** TASK DETAILS **
Looking at the material below, count the lines that contain "cfgr" and answer with the count only.

** GIVEN RECORDS **
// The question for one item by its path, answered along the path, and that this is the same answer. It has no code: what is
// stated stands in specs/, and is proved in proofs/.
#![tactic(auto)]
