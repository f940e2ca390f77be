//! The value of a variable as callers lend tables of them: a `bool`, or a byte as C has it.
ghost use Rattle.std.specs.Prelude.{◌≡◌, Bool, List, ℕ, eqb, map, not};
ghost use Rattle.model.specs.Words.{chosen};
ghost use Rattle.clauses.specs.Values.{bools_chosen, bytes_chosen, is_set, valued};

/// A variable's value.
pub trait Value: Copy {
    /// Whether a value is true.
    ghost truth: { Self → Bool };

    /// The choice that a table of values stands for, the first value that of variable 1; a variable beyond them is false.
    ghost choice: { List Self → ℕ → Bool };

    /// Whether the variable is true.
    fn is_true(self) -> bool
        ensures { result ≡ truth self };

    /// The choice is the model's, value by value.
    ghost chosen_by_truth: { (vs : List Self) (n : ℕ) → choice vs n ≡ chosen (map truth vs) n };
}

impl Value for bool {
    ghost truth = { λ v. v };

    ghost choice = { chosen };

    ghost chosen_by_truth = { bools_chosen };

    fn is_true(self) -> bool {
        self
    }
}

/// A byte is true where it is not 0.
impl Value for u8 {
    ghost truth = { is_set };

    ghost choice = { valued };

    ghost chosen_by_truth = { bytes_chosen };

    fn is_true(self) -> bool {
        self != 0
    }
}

---

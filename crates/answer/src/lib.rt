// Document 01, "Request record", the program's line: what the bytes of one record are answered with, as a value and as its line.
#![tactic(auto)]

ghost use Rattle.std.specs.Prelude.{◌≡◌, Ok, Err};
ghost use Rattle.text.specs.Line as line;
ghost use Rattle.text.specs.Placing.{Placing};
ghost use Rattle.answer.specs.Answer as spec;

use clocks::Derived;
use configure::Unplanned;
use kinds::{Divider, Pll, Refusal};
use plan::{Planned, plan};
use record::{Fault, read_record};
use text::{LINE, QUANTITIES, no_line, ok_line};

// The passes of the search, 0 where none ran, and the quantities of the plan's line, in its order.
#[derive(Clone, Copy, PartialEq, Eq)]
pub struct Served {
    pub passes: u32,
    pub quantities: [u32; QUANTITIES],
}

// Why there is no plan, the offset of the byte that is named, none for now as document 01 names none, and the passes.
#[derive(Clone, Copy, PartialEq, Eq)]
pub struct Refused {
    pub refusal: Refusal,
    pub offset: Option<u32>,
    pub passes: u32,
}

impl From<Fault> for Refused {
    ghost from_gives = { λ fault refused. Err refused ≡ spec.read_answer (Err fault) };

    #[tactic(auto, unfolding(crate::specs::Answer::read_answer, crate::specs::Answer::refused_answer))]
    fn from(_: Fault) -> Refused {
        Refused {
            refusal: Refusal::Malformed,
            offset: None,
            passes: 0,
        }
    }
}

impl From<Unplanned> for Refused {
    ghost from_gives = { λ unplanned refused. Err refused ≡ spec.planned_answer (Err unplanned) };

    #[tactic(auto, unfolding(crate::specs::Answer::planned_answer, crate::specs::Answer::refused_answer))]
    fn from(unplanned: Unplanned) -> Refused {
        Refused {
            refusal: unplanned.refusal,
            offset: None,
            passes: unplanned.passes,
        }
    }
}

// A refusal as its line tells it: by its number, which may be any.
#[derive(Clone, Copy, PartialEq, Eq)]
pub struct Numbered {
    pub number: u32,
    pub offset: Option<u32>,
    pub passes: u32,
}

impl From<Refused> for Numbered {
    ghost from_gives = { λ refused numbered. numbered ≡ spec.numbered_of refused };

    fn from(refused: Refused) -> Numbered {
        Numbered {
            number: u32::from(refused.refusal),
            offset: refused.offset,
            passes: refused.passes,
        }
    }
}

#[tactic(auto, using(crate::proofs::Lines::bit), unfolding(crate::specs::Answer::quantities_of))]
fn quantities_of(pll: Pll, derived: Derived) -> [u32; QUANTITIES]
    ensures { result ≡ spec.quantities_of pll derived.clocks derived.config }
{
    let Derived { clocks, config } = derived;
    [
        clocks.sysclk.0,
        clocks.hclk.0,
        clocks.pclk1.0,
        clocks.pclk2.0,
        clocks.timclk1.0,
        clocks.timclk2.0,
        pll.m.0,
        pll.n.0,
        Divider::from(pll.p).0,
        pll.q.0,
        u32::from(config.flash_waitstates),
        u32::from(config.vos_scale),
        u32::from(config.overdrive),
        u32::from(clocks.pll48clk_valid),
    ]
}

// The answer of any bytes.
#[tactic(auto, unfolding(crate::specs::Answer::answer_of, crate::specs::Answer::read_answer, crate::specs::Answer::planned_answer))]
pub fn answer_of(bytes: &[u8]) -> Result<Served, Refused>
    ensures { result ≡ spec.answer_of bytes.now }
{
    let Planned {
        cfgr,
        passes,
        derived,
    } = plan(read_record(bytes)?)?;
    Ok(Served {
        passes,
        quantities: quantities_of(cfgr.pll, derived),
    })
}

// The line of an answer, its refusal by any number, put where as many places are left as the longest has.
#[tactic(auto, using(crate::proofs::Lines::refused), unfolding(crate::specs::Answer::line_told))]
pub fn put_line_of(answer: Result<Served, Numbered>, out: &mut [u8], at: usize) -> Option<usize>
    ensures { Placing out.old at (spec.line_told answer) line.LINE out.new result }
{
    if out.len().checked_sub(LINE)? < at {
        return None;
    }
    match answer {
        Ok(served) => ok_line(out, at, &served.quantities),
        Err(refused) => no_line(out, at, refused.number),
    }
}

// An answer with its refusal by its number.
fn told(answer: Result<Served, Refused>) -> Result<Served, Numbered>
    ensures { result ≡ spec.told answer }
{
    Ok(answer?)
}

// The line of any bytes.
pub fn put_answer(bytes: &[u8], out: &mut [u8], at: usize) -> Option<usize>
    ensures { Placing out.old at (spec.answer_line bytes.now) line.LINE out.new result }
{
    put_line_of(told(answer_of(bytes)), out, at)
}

...

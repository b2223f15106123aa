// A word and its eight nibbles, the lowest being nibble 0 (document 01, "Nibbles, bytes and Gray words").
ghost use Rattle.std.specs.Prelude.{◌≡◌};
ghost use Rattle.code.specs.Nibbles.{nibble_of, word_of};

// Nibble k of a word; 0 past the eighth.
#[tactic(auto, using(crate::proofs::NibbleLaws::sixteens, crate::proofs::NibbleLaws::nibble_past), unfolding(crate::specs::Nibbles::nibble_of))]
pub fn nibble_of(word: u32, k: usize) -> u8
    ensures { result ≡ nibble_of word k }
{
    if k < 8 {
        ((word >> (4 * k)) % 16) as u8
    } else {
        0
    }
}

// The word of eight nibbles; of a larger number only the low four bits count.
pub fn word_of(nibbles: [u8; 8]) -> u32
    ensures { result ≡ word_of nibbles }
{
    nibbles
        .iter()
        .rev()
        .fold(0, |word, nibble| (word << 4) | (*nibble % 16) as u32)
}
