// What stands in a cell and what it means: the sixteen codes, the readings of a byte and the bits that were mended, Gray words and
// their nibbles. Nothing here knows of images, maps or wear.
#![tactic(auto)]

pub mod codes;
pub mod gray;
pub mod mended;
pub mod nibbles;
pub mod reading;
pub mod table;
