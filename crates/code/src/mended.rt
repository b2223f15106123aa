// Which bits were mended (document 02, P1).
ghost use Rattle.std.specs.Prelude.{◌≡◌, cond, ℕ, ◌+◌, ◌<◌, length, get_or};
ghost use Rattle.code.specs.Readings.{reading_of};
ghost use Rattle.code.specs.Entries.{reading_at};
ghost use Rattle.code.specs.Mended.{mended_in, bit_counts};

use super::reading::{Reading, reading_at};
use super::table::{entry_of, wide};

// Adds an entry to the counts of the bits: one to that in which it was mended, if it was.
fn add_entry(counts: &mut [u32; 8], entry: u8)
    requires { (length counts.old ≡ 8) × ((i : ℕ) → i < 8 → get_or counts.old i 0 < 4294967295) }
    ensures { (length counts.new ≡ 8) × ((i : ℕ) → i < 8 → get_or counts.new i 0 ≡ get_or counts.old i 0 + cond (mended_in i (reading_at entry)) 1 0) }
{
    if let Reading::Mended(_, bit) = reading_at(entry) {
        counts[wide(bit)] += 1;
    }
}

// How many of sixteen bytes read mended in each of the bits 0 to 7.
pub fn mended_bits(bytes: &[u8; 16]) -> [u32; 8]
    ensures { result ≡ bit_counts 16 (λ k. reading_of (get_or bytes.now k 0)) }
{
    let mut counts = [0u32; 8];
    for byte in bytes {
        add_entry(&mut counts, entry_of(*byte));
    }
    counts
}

** WRITTEN ANSWER **
2